Tank realized that he would require the most powerful engine available to him, and this requirement clearly pointed him toward the 18-cylinder, two-row radial BMW 139, which offered 325 more horsepower than its nearest rival, the 12-cylinder, in-line, liquid-cooled DB 601. This decision surprised
Luftwaffe officials but was accepted because of the uncertainty of the future supply of the Daimler-Benz engine (which had previously been projected as the powerplant for the 109 fighter, the twin-engine Me 110, Arado 240 fighter, and several other combat aircraft).
The Focke-Wulf design team began with certain definite ideas: They would need a strong, wide-track landing gear, both to with stand the vertical velocity required of the new fighter/bomber and also to avoid the severe directional control problems that plagued the 109 during takeoffs and landings. Tank also declared that when he was a soldier in WW I, he had learned that military equipment must be simple, robust, reliable, and easy to maintain. He was determined to apply those standards to the new aircraft—designation “FW 190.”

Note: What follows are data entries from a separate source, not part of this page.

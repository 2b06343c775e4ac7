//! The second step: what each class is asked of those above it.
ghost use Rattle.std.specs.Prelude.{◌≡◌, ◌≢◌, ◌↔◌, ◌-◌, ◌<◌, ◌≤◌, ◌==◌, ℕ, true, false, map, filter_map, length, slice_get, slice_index_or, option_and_then, nat_le, Some, None, IfOk, IfSome, IsTrue, IsFalse};
ghost use Rattle.std.specs.List.{AllByRecursion, list_all};
ghost use Rattle.std.specs.Option.{option_copied, option_map_or};
ghost use Rattle.class_model.specs.declared.header.Header.{Header};
ghost use Rattle.class_tree.specs.Answers.{Answers};
ghost use Rattle.class_tree.specs.Inner.Graphs.{IsOneOf, IsPath, IsTopological};
ghost use Rattle.class_tree.specs.Headers.{all_headers, class_named};
ghost use Rattle.class_tree.specs.Names as names;
ghost use Rattle.class_tree.specs.Inner.Nodes.{graph_of, number_of};
ghost use Rattle.class_tree.specs.Steps.{supers, hierarchy_checks, folder_checks, library_checks, IsExtensible, FitsKinds};
ghost use Rattle.class_tree.specs.Subtype.{IsBelow};
ghost use Rattle.class_tree.specs.Trees.{IsInOrder};

use crate::fault::{LinkFault, LinkRule};
use crate::graph::reaches;
use crate::headers::Headers;
use crate::lists::Lists;
use crate::names::{OBJECT, is_interface};
use crate::place::Place;
use crate::question::ask;
use class_model::{ACC_FINAL, Header, NoMemory, has};
use std::alloc::Global;

/// Asks each class of the folder, and then each of the library, of those above it. The order is of as many classes as
/// stand behind those that they name: none of them is on a circle.
pub(crate) fn check_hierarchy(
    alloc: Global,
    headers: &Headers<'_>,
    graph: &Lists<usize>,
    order: &[usize],
) -> Result<(), LinkFault>
    requires in_order { IsInOrder headers.now }
    requires graph { graph.now ≡ graph_of headers.now }
    requires topological { IsTopological graph.now order.now }
    ensures { Answers (hierarchy_checks headers.now) result }
{
    let placed = placed_nodes(alloc, graph.len(), order)?;
    let object = headers.number_of(OBJECT);
    for number in 0..headers.len() {
        let is_placed = placed[number];
        let is_on_circle = !is_placed && reaches(alloc, graph, number, number)?;
        let is_object = object == Some(number);
        check_class(alloc, headers, graph, number, is_on_circle, is_object)?;
    }
    Ok(())
}

// Whether each node below this number stands in an order.
fn placed_nodes(alloc: Global, len: usize, order: &[usize]) -> Result<Vec<bool>, NoMemory>
    requires { (node : ℕ) → IsOneOf order.now node → node < len }
    ensures len { IfOk result (λ placed. length placed.items ≡ len) }
    ensures placed { IfOk result (λ placed.
        (node : ℕ) → IsTrue (slice_index_or placed.items node false) → IsOneOf order.now node) }
{
    let mut placed = vec![in alloc; false; len]?;
    for node in order {
        placed[*node] = true;
    }
    Ok(placed)
}

// Asks the class of a number, which is above itself or not, and is java/lang/Object or not.
fn check_class(
    alloc: Global,
    headers: &Headers<'_>,
    graph: &Lists<usize>,
    number: usize,
    is_on_circle: bool,
    is_object: bool,
) -> Result<(), LinkFault>
    requires in_order { IsInOrder headers.now }
    requires graph { graph.now ≡ graph_of headers.now }
    requires number { number < length (all_headers headers.now) }
    requires circle { IsTrue is_on_circle ↔ IsPath graph.now number number }
    requires object { IsTrue is_object ↔ (number_of headers.now names.object ≡ Some number) }
    ensures folder { (header : Header)
        → slice_get headers.now.folder number ≡ Some header
        → Answers (folder_checks headers.now header) result }
    ensures library { (header : Header)
        → length headers.now.folder ≤ number
        → slice_get headers.now.library (number - length headers.now.folder) ≡ Some header
        → Answers (library_checks headers.now header) result }
{
    let Some(header) = headers.get(number) else {
        return Ok(());
    };
    let above = graph.get(number);
    match headers.place(number) {
        Place::Folder(_) => check_folder_class(
            alloc,
            headers,
            header,
            above,
            is_on_circle,
            is_object,
        ),
        Place::Library(_) => check_library_class(alloc, headers, header, above, is_on_circle),
    }
}

// Asks a class of the folder. The numbers are of those above it that are there.
fn check_folder_class(
    alloc: Global,
    headers: &Headers<'_>,
    header: &Header,
    above: &[usize],
    is_on_circle: bool,
    is_object: bool,
) -> Result<(), LinkFault>
    requires above { above.now ≡ filter_map (number_of headers.now) (supers header.now) }
    requires circle { IsTrue is_on_circle ↔ IsBelow headers.now header.now.name header.now.name }
    requires object { IsTrue is_object ↔ (header.now.name ≡ names.object) }
    ensures { Answers (folder_checks headers.now header.now) result }
{
    let name = &header.name;
    ask(alloc, are_there(header, above), name, LinkRule::Missing)?;
    ask(alloc, !is_on_circle, name, LinkRule::Circle)?;
    ask(
        alloc,
        is_extensible(headers, header, above),
        name,
        LinkRule::FinalSuper,
    )?;
    ask(
        alloc,
        fits_folder_kinds(headers, header, above, is_object),
        name,
        LinkRule::KindOfSuper,
    )
}

// Asks a class of the library. The numbers are of those above it that are there.
fn check_library_class(
    alloc: Global,
    headers: &Headers<'_>,
    header: &Header,
    above: &[usize],
    is_on_circle: bool,
) -> Result<(), LinkFault>
    requires above { above.now ≡ filter_map (number_of headers.now) (supers header.now) }
    requires circle { IsTrue is_on_circle ↔ IsBelow headers.now header.now.name header.now.name }
    ensures { Answers (library_checks headers.now header.now) result }
{
    let name = &header.name;
    ask(alloc, are_there(header, above), name, LinkRule::Missing)?;
    ask(
        alloc,
        are_outside(headers, above),
        name,
        LinkRule::LibraryLeans,
    )?;
    ask(alloc, !is_on_circle, name, LinkRule::Circle)?;
    ask(
        alloc,
        fits_kinds(headers, header, above),
        name,
        LinkRule::KindOfSuper,
    )
}

// Whether all that a class names above it are there, by the numbers of those that are.
fn are_there(header: &Header, above: &[usize]) -> bool
    ensures { result ≡ (length above.now == length (supers header.now)) }
{
    let interfaces = header.interfaces.as_slice();
    match &header.super_name {
        None => above.len() == interfaces.len(),
        Some(_) => above.len() == interfaces.len() + 1,
    }
}

// Whether no class of these numbers is one of the folder.
fn are_outside(headers: &Headers<'_>, numbers: &[usize]) -> bool
    ensures { result ≡ list_all (λ number. nat_le (length headers.now.folder) number) numbers.now }
{
    numbers.iter().all(|number| is_outside(headers, *number))
}

/// Whether the class of a number is none of the folder.
pub(crate) fn is_outside(headers: &Headers<'_>, number: usize) -> bool
    ensures { result ≡ nat_le (length headers.now.folder) number }
{
    match headers.place(number) {
        Place::Folder(_) => false,
        Place::Library(_) => true,
    }
}

// The superclass of a class, all above which are there under these numbers.
fn superclass<'a>(headers: &'a Headers<'_>, header: &Header, above: &[usize]) -> Option<&'a Header>
    requires { map (number_of headers.now) (supers header.now) ≡ map Some above.now }
    ensures { option_copied result
        ≡ option_and_then (class_named headers.now) header.now.super_name }
{
    match (&header.super_name, above) {
        (Some(_), [number, ..]) => headers.get(*number),
        _ => None,
    }
}

// The numbers of the interfaces of a class, all above which are there under these.
fn interfaces<'a>(headers: &Headers<'_>, header: &Header, above: &'a [usize]) -> &'a [usize]
    requires { map (number_of headers.now) (supers header.now) ≡ map Some above.now }
    ensures { map (number_of headers.now) header.now.interfaces ≡ map Some result.now }
{
    match (&header.super_name, above) {
        (Some(_), [_, interfaces @ ..]) => interfaces,
        _ => above,
    }
}

// Whether the superclass is no final class.
fn is_extensible(headers: &Headers<'_>, header: &Header, above: &[usize]) -> bool
    requires { map (number_of headers.now) (supers header.now) ≡ map Some above.now }
    ensures { IsTrue result ↔ IsExtensible headers.now header.now }
{
    match superclass(headers, header, above) {
        Some(superclass) => !has(superclass.flags, ACC_FINAL),
        None => true,
    }
}

// Whether the kinds fit, and the class is not java/lang/Object.
fn fits_folder_kinds(
    headers: &Headers<'_>,
    header: &Header,
    above: &[usize],
    is_object: bool,
) -> bool
    requires above { map (number_of headers.now) (supers header.now) ≡ map Some above.now }
    requires object { IsTrue is_object ↔ (header.now.name ≡ names.object) }
    ensures { IsTrue result
        ↔ (FitsKinds headers.now header.now × (header.now.name ≢ names.object)) }
{
    fits_kinds(headers, header, above) && !is_object
}

// Whether the superclass is no interface, each interface is one, and the superclass of an interface and of no other
// than java/lang/Object is this.
fn fits_kinds(headers: &Headers<'_>, header: &Header, above: &[usize]) -> bool
    requires { map (number_of headers.now) (supers header.now) ≡ map Some above.now }
    ensures { IsTrue result ↔ FitsKinds headers.now header.now }
{
    extends_no_interface(headers, header, above)
        && implements_interfaces(headers, header, above)
        && fits_root(header)
}

// Whether the superclass is no interface.
fn extends_no_interface(headers: &Headers<'_>, header: &Header, above: &[usize]) -> bool
    requires { map (number_of headers.now) (supers header.now) ≡ map Some above.now }
    ensures { IsTrue result
        ↔ IfSome header.now.super_name (λ name.
        IfSome (class_named headers.now name) (λ class. IsFalse (names.is_interface class))) }
{
    match superclass(headers, header, above) {
        Some(superclass) => !is_interface(superclass),
        None => true,
    }
}

// Whether each interface is one.
fn implements_interfaces(headers: &Headers<'_>, header: &Header, above: &[usize]) -> bool
    requires { map (number_of headers.now) (supers header.now) ≡ map Some above.now }
    ensures { IsTrue result
        ↔ AllByRecursion
        (λ name.
        IfSome (class_named headers.now name) (λ class. IsTrue (names.is_interface class)))
        header.now.interfaces }
{
    are_interfaces(headers, interfaces(headers, header, above))
}

// Whether each class of these numbers is an interface.
fn are_interfaces(headers: &Headers<'_>, numbers: &[usize]) -> bool
    ensures { result
        ≡ list_all
        (λ number.
        option_map_or names.is_interface (slice_get (all_headers headers.now) number) true)
        numbers.now }
{
    numbers
        .iter()
        .all(|number| is_interface_at(headers, *number))
}

// Whether the class of a number is an interface.
fn is_interface_at(headers: &Headers<'_>, number: usize) -> bool
    ensures { result
        ≡ option_map_or names.is_interface (slice_get (all_headers headers.now) number) true }
{
    match headers.get(number) {
        Some(header) => is_interface(header),
        None => true,
    }
}

// Whether an interface has the superclass java/lang/Object, and a class with none is java/lang/Object.
fn fits_root(header: &Header) -> bool
    ensures { IsTrue result
        ↔ ((IsTrue (names.is_interface header.now) → header.now.super_name ≡ Some names.object)
        × (header.now.super_name ≡ None → header.now.name ≡ names.object)) }
{
    match &header.super_name {
        Some(name) => !is_interface(header) || name.bytes() == OBJECT,
        None => !is_interface(header) && header.name.bytes() == OBJECT,
    }
}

It is interesting that Tank, who was also a director of Focke-Wulf, was a famous test pilot of his aircraft during WW II. Throughout this article, you’ll notice where his understanding of the real-life requirements of hard-pressed combat pilots produced superior designs of cockpits, visibility from the cockpit, landing gear, control harmonies, and automatic systems—to name just a few areas in which he excelled. With all of his designs, his test-pilot experience allowed him to work toward the reduction of the combat pilot’s load as far as possible.
Powered by a fan-cooled 1,550hp BMW 139, the prototype’s first flight took place at Bremen airfield on June 1, 1939. It had a special ducted spinner to reduce drag, but its engine was soon found to be prone to overheating, so the ducted spinner was replaced by a new—and unique—snugly fitting NACA cowl with a cooling fan geared to the propeller in the front of the cowl. BMW was already test-running a new engine—the 14-cylinder BMW 801—that was some 20 inches (50cm) longer, and 180 pounds heavier, and produced 100hp more than the BMW 139. At this point, Focke- Wulf decided to concentrate on this newer engine.
The installation of the BMW 801 required some considerable modifications to the FW 190’s basic airframe. The cockpit had to be moved farther aft to compensate for the forward shift in the center of gravity. Although this shrank the cockpit, it provided more space up front for fuselage armament. The increase in weight also had to be compensated for by an increase in wingspan and wing area. This change cost only a 6mph (10km/h) loss in speed, but it improved the rate of climb and reduced the turning circle. After successful flights at Rechlin Test Center, the German Air Ministry ordered 100 production FW 190A-1s.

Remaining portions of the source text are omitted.